The answer is one number. Say how many lines in the entries below include the word "Taking".

Collected data
━━━━━━━━━━

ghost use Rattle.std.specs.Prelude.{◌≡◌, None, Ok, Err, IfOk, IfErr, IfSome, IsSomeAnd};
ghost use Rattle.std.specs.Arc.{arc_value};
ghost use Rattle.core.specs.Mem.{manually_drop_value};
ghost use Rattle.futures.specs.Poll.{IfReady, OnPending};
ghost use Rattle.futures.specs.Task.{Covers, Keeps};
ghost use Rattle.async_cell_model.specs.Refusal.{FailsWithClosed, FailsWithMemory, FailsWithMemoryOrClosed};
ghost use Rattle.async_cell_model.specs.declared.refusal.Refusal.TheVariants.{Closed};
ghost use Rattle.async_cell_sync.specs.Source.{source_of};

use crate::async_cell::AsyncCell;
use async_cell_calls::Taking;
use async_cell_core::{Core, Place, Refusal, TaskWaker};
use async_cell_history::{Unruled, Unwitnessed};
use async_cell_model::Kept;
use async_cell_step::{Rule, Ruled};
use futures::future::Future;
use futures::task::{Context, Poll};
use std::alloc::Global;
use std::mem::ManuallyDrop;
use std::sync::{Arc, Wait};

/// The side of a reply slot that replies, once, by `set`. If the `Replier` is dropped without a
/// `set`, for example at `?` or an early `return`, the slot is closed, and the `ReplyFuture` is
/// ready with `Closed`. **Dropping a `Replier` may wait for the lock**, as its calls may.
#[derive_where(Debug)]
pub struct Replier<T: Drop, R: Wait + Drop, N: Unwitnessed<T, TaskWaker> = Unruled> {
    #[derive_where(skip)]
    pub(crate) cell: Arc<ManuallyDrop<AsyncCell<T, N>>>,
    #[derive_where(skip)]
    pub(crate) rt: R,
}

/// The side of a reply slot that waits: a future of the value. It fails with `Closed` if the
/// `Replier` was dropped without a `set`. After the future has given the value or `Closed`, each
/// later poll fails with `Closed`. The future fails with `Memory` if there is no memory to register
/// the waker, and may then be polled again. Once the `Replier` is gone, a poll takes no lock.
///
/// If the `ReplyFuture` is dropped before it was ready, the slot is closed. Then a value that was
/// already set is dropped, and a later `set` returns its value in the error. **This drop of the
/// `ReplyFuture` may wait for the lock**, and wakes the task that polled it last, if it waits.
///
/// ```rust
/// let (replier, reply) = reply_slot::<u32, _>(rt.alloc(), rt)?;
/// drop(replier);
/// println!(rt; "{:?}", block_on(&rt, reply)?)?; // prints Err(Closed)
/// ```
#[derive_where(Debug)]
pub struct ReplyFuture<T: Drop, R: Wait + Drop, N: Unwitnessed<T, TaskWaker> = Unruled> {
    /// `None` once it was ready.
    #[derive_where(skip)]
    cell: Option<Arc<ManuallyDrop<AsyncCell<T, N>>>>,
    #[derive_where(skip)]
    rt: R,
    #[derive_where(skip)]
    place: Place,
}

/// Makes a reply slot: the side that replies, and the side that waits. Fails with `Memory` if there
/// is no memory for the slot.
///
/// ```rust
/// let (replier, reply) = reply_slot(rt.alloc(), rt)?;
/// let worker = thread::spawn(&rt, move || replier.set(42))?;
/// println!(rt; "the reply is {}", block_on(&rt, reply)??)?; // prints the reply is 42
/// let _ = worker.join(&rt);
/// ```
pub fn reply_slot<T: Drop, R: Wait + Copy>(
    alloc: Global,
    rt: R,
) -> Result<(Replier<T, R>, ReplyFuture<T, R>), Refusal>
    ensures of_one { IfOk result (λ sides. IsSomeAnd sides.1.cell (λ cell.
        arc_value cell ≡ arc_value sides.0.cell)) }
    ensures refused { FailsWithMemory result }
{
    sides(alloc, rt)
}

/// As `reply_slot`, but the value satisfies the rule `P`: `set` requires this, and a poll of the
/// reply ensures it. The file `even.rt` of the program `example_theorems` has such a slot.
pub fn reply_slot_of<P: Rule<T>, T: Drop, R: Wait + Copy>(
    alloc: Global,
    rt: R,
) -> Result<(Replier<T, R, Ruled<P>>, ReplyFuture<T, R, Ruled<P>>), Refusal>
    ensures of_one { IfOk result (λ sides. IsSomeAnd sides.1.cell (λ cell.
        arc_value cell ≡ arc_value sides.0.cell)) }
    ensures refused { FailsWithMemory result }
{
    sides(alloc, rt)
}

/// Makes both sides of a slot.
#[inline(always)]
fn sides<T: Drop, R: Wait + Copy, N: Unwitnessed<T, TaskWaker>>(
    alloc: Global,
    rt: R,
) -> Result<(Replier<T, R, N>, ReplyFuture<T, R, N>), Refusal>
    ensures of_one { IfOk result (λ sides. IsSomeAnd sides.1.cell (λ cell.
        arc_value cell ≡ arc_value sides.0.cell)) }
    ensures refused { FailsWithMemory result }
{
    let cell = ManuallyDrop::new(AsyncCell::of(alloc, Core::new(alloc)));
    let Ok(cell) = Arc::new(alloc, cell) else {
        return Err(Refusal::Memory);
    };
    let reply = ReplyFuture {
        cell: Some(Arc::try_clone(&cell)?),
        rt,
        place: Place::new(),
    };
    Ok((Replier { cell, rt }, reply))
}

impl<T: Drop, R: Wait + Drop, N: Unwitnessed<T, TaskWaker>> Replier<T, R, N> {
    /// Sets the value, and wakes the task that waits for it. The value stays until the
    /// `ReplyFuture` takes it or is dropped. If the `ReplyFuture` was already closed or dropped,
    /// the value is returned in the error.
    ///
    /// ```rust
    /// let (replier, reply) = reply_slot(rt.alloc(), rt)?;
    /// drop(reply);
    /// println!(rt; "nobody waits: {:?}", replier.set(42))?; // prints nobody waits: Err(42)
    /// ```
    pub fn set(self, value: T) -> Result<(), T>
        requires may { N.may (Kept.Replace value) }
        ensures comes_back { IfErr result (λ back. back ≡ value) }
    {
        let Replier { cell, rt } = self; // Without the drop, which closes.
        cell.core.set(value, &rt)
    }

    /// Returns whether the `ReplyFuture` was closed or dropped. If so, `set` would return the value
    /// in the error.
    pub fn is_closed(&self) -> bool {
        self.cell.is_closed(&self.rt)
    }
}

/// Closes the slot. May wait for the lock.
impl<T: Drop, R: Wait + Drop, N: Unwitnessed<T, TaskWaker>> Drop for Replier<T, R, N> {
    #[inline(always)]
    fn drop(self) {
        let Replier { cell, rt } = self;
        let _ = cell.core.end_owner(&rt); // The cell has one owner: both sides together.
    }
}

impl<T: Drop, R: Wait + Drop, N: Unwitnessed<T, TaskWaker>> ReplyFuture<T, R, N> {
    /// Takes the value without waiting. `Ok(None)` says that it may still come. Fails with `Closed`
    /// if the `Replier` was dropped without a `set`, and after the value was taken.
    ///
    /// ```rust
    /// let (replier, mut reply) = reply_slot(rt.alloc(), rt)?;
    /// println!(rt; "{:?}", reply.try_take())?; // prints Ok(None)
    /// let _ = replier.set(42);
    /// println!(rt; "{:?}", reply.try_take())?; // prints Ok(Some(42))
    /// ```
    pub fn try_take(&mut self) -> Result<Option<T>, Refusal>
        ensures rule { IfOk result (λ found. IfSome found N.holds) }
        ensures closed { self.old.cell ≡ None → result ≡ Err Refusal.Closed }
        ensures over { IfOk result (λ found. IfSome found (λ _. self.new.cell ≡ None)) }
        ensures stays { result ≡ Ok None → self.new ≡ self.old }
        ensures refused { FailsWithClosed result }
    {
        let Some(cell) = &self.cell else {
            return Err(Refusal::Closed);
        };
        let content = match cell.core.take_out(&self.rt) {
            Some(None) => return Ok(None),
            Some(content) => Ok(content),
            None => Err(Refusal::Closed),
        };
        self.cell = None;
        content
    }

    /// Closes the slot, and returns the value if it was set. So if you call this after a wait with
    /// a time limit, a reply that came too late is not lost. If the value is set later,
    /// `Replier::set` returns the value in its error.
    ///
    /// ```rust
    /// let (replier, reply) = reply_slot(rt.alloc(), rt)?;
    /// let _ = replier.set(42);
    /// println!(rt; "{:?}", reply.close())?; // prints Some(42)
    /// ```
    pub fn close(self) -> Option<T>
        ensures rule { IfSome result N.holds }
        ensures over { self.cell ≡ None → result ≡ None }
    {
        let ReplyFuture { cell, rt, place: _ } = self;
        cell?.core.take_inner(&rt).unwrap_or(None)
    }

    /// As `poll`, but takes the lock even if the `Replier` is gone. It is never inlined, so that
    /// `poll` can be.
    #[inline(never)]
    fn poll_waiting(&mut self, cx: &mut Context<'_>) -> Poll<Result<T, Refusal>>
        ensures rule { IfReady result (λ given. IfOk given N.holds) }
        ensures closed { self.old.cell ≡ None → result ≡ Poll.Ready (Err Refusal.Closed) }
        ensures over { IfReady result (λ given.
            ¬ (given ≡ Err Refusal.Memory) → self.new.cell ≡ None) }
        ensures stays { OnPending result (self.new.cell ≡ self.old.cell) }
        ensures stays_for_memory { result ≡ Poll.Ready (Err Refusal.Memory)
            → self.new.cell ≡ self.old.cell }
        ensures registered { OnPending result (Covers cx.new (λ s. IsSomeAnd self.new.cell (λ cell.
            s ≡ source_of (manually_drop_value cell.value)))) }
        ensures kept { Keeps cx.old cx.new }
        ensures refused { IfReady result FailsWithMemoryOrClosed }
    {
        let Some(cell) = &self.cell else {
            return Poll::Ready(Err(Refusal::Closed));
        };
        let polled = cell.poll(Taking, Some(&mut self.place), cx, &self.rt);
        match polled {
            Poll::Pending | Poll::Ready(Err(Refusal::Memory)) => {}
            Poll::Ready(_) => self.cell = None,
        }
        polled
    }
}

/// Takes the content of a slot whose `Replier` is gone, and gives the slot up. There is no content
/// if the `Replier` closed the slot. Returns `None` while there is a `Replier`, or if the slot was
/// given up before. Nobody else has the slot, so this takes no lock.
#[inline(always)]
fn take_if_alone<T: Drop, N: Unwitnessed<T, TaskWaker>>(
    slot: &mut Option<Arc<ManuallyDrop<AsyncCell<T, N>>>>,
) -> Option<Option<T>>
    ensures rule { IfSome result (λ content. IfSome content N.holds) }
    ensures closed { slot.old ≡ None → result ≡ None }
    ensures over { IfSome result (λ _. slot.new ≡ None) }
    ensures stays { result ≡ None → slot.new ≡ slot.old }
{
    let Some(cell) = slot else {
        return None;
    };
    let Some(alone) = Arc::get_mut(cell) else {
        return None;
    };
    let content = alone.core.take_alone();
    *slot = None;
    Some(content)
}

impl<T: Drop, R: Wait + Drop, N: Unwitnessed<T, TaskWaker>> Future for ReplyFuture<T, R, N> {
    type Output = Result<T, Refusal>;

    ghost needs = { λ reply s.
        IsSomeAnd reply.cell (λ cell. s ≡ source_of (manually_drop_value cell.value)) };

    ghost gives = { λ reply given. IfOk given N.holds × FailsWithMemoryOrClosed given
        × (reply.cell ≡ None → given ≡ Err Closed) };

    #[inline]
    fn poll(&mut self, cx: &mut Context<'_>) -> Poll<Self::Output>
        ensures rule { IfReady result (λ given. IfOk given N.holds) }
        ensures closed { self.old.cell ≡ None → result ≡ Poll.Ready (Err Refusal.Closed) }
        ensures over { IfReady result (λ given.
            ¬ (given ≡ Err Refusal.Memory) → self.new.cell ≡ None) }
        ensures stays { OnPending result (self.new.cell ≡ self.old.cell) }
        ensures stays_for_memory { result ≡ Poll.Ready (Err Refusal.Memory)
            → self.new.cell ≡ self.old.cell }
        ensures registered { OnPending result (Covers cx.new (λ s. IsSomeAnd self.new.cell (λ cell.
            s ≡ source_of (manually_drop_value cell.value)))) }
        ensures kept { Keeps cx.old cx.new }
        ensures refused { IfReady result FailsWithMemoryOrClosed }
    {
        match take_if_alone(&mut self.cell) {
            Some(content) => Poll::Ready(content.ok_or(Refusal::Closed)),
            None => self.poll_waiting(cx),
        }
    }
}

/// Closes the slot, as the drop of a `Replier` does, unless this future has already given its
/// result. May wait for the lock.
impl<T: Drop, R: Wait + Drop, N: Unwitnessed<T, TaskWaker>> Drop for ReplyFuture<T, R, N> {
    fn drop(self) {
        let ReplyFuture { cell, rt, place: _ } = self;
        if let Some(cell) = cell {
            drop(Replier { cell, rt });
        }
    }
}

━━━━━━━━━━

__Task answer__: 2